(Stored items from a collection)
§
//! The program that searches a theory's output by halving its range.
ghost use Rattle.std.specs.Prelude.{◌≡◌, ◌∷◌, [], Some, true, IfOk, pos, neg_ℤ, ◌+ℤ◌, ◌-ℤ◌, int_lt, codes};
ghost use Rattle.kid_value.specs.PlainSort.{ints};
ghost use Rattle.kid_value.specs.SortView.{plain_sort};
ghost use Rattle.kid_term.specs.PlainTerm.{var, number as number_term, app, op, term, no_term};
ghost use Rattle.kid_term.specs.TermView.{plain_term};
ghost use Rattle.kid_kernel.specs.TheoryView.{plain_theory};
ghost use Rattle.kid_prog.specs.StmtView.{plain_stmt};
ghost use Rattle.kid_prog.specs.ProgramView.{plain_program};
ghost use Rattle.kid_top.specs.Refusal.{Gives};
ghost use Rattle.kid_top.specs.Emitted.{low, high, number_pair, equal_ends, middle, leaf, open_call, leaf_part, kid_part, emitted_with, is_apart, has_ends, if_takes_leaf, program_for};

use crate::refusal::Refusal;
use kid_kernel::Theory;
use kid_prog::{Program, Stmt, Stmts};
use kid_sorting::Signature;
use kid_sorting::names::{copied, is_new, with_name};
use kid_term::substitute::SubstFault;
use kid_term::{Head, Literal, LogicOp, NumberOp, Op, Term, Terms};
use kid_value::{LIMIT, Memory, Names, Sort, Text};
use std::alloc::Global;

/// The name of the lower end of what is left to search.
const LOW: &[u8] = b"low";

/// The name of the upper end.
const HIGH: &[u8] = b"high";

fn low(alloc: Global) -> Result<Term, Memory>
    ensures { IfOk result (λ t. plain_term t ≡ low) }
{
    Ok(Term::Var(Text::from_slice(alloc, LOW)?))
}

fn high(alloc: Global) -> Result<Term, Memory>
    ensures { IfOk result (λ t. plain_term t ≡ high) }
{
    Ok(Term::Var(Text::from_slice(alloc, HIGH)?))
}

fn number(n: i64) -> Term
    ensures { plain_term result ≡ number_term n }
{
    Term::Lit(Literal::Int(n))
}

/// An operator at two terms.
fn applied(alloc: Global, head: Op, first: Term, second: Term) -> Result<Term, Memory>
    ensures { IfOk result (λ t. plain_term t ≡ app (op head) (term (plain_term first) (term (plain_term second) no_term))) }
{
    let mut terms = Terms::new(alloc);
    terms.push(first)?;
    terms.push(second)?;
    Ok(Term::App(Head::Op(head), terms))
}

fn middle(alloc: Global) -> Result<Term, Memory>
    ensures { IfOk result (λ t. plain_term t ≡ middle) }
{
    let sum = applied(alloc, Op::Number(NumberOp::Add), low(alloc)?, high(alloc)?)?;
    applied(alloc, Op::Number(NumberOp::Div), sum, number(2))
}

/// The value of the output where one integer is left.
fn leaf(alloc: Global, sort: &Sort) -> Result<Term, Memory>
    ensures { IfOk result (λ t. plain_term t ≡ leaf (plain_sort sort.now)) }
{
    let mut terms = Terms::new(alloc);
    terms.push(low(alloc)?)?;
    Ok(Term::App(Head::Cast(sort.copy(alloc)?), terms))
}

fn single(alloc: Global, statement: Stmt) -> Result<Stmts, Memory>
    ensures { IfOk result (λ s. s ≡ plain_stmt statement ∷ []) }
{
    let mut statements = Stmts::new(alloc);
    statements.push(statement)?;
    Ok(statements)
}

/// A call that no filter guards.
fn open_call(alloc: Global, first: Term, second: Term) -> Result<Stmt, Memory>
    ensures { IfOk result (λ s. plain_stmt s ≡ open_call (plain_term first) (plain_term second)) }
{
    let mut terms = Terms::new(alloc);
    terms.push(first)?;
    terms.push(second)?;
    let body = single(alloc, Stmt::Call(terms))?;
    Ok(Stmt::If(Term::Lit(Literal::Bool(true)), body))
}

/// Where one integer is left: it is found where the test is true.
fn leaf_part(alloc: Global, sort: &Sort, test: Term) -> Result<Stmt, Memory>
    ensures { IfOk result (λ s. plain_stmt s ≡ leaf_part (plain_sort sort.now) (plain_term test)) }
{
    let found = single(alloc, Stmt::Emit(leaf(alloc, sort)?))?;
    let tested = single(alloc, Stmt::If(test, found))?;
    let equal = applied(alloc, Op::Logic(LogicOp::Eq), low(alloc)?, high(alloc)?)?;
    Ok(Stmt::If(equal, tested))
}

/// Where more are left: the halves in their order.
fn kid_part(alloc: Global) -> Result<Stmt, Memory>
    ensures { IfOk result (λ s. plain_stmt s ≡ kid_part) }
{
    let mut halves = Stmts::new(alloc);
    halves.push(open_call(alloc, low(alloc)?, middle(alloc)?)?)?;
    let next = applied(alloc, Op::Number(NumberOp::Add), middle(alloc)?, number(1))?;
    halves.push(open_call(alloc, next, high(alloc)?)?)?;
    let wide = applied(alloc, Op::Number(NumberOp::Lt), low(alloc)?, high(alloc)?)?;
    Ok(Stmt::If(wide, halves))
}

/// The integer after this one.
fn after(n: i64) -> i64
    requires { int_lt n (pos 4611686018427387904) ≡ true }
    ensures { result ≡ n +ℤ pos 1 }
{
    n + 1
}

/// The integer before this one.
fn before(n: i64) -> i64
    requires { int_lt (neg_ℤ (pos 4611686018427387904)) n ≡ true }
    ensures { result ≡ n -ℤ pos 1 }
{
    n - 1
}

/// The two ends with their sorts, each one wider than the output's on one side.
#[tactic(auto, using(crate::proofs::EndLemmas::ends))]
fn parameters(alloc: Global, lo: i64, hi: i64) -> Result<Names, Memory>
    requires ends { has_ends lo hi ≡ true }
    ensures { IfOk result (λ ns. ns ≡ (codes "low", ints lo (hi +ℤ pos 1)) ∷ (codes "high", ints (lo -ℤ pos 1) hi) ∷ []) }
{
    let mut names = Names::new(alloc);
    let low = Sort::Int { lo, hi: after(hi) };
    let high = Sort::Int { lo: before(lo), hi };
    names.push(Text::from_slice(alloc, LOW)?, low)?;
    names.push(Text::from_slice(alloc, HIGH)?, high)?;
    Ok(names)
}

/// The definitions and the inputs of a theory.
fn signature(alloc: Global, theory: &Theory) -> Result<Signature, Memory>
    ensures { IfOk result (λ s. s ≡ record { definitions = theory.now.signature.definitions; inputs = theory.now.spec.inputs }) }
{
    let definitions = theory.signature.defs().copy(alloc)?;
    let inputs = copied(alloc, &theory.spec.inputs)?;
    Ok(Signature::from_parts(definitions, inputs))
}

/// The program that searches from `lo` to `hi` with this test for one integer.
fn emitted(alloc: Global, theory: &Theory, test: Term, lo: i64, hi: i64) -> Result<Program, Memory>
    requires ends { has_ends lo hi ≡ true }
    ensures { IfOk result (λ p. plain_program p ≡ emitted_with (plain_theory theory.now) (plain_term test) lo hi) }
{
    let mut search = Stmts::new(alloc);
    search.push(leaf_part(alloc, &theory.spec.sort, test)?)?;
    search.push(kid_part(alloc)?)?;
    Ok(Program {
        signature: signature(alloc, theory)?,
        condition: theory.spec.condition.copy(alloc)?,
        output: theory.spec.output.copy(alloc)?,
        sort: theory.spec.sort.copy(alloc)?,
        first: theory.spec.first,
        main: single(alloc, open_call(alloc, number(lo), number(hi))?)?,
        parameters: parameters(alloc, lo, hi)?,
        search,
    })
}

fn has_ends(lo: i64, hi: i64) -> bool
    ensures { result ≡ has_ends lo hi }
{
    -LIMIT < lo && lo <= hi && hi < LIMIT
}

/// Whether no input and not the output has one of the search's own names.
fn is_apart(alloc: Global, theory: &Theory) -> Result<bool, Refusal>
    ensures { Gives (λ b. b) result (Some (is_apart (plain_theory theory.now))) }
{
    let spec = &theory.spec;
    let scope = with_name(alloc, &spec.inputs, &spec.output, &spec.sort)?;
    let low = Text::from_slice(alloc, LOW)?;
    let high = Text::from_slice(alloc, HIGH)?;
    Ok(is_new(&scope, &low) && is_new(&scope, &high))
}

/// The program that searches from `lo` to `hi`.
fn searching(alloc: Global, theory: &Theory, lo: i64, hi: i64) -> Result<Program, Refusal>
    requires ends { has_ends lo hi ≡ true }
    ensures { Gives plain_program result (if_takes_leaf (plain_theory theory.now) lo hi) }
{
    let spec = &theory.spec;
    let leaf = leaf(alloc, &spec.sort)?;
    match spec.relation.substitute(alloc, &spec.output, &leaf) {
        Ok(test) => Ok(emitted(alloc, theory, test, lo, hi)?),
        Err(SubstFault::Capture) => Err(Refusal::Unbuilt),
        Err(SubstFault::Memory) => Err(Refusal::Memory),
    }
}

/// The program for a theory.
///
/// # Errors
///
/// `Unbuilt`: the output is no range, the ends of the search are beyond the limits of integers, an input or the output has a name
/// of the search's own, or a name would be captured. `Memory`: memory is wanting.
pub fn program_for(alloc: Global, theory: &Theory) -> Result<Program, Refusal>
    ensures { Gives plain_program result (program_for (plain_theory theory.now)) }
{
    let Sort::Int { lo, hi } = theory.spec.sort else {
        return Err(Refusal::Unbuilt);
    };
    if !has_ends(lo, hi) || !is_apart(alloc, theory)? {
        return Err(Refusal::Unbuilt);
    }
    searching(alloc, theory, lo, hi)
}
§
== Work request ==
Would you copy out exactly the lines above that start at the one containing "before this one." and end at the one containing "let mut names = Names::new(alloc);", inclusive?

== Reply to the task ==
/// The integer before this one.
fn before(n: i64) -> i64
    requires { int_lt (neg_ℤ (pos 4611686018427387904)) n ≡ true }
    ensures { result ≡ n -ℤ pos 1 }
{
    n - 1
}

/// The two ends with their sorts, each one wider than the output's on one side.
#[tactic(auto, using(crate::proofs::EndLemmas::ends))]
fn parameters(alloc: Global, lo: i64, hi: i64) -> Result<Names, Memory>
    requires ends { has_ends lo hi ≡ true }
    ensures { IfOk result (λ ns. ns ≡ (codes "low", ints lo (hi +ℤ pos 1)) ∷ (codes "high", ints (lo -ℤ pos 1) hi) ∷ []) }
{
    let mut names = Names::new(alloc);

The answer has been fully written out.